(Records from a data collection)
· · · · ·

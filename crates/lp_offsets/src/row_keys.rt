//! Keys of series that stand in the text of rows by offsets, told in the rows.

ghost use Rattle.std.specs.Prelude.{◌≡◌};
ghost use Rattle.std.specs.List.{AllByRecursion, AllZip};
ghost use Rattle.lp_offsets.specs.RowKeys.{IsKeyLen, IsLineOf, TellsKey, TellsSeries};

use crate::enums::Answer;
use crate::offsets::OffsetRow;
use crate::portions::{Portion, no_portion};
use influxdb_line_protocol::{key_of_text, laws};

// The line of a row, if it has one and the text does at its place.
#[inline(always)]
fn line_of<'a>(portion: &mut Portion<'a>, row: &OffsetRow) -> Option<&'a str>
    ensures text { portion.new.bytes.now ≡ portion.old.bytes.now }
    ensures line { IsLineOf portion.old.bytes.now row.now result }
{
    if row.answer != Answer::Line.number() {
        return None;
    }
    let at = row.line_at as usize;
    let end = row.stop_at as usize;
    if end < at || portion.bytes.len() < end {
        return None;
    }
    portion.next_text(at, end - at)
}

// How many bytes at the start of the line of a row are the key of its series, if it begins with that.
#[inline(always)]
fn key_len(portion: &mut Portion<'_>, row: &OffsetRow) -> u64
    ensures text { portion.new.bytes.now ≡ portion.old.bytes.now }
    ensures len { IsKeyLen portion.old.bytes.now row.now result }
{
    let Some(line) = line_of(portion, row) else {
        return 0;
    };
    match key_of_text(line) {
        Some(key) => key.len() as u64,
        None => 0,
    }
}

/// Tells each row how many bytes at the start of its line are the key of its series, as `lp_line_key` puts it out: `key`. It is 0 if the
/// line does not begin with its key, so that `lp_line_key` must be asked, and where the row has no line.
///
/// A line begins with its key if its tags are in the order of their keys, its names are spelled as the builder writes them, and all
/// names are admitted. `text` is the one of which `lp_offsets_block` filled the rows. It asks for no memory, and leaves all else in the
/// rows as it was. A row that was made in another way is safe too: a place that is not in the text, or in a character, gives 0.
///
/// ```text
/// cpu,az=b,host=a usage=1  ->  15
/// cpu,host=a,az=b usage=1  ->  0: the keys are not in order
/// ```
pub fn tell_keys(text: &[u8], rows: &mut [OffsetRow])
    ensures keys { AllZip (TellsKey text.now) rows.old rows.new }
    ensures series { AllByRecursion (TellsSeries text.now) rows.new }
{
    laws::keys_tell_series();
    laws::bases_tell_series();
    let count = rows.len();
    let mut portion = no_portion(text, 0);
    for at in 0..count {
        portion.texts = count - at;
        let len = key_len(&mut portion, &rows[at]);
        rows[at].key = len;
    }
}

· · · · ·

Exercise objective>
Print the lines above from the one with "them, and all" through the one with "portion.texts = count - at;", both included, exactly as written and nothing more.

Answer section>
/// A line begins with its key if its tags are in the order of their keys, its names are spelled as the builder writes them, and all
/// names are admitted. `text` is the one of which `lp_offsets_block` filled the rows. It asks for no memory, and leaves all else in the
/// rows as it was. A row that was made in another way is safe too: a place that is not in the text, or in a character, gives 0.
///
/// ```text
/// cpu,az=b,host=a usage=1  ->  15
/// cpu,host=a,az=b usage=1  ->  0: the keys are not in order
/// ```
pub fn tell_keys(text: &[u8], rows: &mut [OffsetRow])
    ensures keys { AllZip (TellsKey text.now) rows.old rows.new }
    ensures series { AllByRecursion (TellsSeries text.now) rows.new }
{
    laws::keys_tell_series();
    laws::bases_tell_series();
    let count = rows.len();
    let mut portion = no_portion(text, 0);
    for at in 0..count {
        portion.texts = count - at;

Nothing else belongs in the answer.